CK Tile Instance Types
The reflection system also provides InstanceTraits specializations for CK Tile kernel instances:
- Tile Forward Convolution (
GroupedConvolutionForwardKernel) - Tile Backward Weight Convolution (
GroupedConvolutionBackwardWeightKernel) - Tile Backward Data Convolution (
GroupedConvolutionBackwardDataKernel) - Reference Convolution (reference implementation)

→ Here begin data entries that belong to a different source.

// What an operation must be lent: each function says whether it is too little, by the numbers of pins and of points that the check has
// counted. Each is small and by itself, so that a wrong number is found without the operations being checked again.
#![tactic(auto)]

ghost use Rattle.std.specs.Prelude.{◌≡◌, ◌||◌, ◌≤◌, ltb};
ghost use Rattle.net.specs.Bounds.{pin_bound, macro_bound};
ghost use Rattle.net.specs.Counts.{point_count};
ghost use Rattle.room.specs.Needs.{vertex_need, link_need, path_need, edge_need, wire_need};

use net::Net;

// The graph: 2n numbers for vertices, and 16n for edges.
pub fn graph_short(net: Net, vertices: usize, edges: usize) -> bool
    requires pins_le_pin_bound { net.pins ≤ pin_bound }
    requires macros_le_macro_bound { net.macros ≤ macro_bound }
    ensures { result ≡ (ltb vertices (vertex_need (point_count net)) || ltb edges (link_need (point_count net))) }
{
    let n = net::point_count(net);
    (vertices < n * 2) | (edges < n * 16)
}

// The terminal tree: 5m numbers for paths.
pub fn paths_short(net: Net, paths: usize) -> bool
    requires { net.pins ≤ pin_bound }
    ensures { result ≡ ltb paths (path_need net.pins) }
{
    paths < net.pins * 5
}

// The refined tree: 4(n + m) numbers for edges.
pub fn edges_short(net: Net, edges: usize) -> bool
    requires pins_le_pin_bound { net.pins ≤ pin_bound }
    requires macros_le_macro_bound { net.macros ≤ macro_bound }
    ensures { result ≡ ltb edges (edge_need (point_count net) net.pins) }
{
    edges < (net::point_count(net) + net.pins) * 4
}

// Its wires, and the slid tree: 8(n + m) numbers.
pub fn wires_short(net: Net, wires: usize) -> bool
    requires pins_le_pin_bound { net.pins ≤ pin_bound }
    requires macros_le_macro_bound { net.macros ≤ macro_bound }
    ensures { result ≡ ltb wires (wire_need (point_count net) net.pins) }
{
    wires < (net::point_count(net) + net.pins) * 8
}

Unsupported Instance Types
- DL (non-XDLops) Forward (
DeviceGroupedConvFwdDlMultipleD_NHWC_KYXC_NHWK) hasInstanceTraitsbut uses a different internal parameter structure (K0PerBlock,K1,M1PerThreadinstead of standard block/warp parameters). It can useGetInstanceString()through the base class pointer but cannot usedescribe().
Reflection Coverage: ConvTraits Bridge
The reflection system operates at two levels:
-
InstanceTraits(compile-time): Extracts raw template parameters from a kernel type. Specializations exist for both old CK and CK Tile instances. -
ConvTraits(runtime): A unified, type-erased data structure representing kernel configuration in convolution-specific terms. Populated byinstance_to_conv_traits<Instance>()specializations.
ConvTraits captures the common ground shared by both backends: spatial dimensions, tensor layouts, data types, elementwise operations, tile dimensions, pipeline version/scheduler, and memory access patterns. Within old CK, ConvTraits already unifies across the MFMA/WMMA instruction set boundary — XDL and WMMA forward instances both produce the same ConvTraits representation, demonstrating that instruction-set differences can be abstracted at this level.
Currently, instance_to_conv_traits() specializations exist only for old CK instances (forward XDL, XDL V3, WMMA, large tensor, and 8 backward weight variants). CK Tile instances have InstanceTraits but lack instance_to_conv_traits() specializations — there is no bridge from CK Tile's InstanceTraits to the unified ConvTraits representation.
This is the critical gap in the reflection system. Today the builder has 16+ per-variant factories, each with its own algorithm descriptor shape. ConvTraits is the mechanism for discovering which parameters are genuinely variant-specific versus which can be expressed in a single unified algorithm descriptor. Closing the CK Tile bridge means writing instance_to_conv_traits() specializations for the CK Tile kernel types that map their InstanceTraits fields to the ConvTraits struct. Once this bridge exists, both backends produce the same ConvTraits output — making it possible to define a single algorithm descriptor format that the dispatcher decomposes into variant-specific parameters internally.
Future Work
The priorities for the reflection system are:
-
CK Tile ConvTraits bridge. Write
instance_to_conv_traits()specializations forGroupedConvolutionForwardKernel,GroupedConvolutionBackwardWeightKernel, andGroupedConvolutionBackwardDataKernel. This is the prerequisite for unified algorithm descriptors. -
DL variant support. The DL forward kernel needs a specialized
ConvTraitsmapping due to its different internal parameter structure. -
Generalization beyond convolution.
ConvTraitsis designed to evolve toward a more generalKernelTraitscovering GEMM, flash attention, and other operations.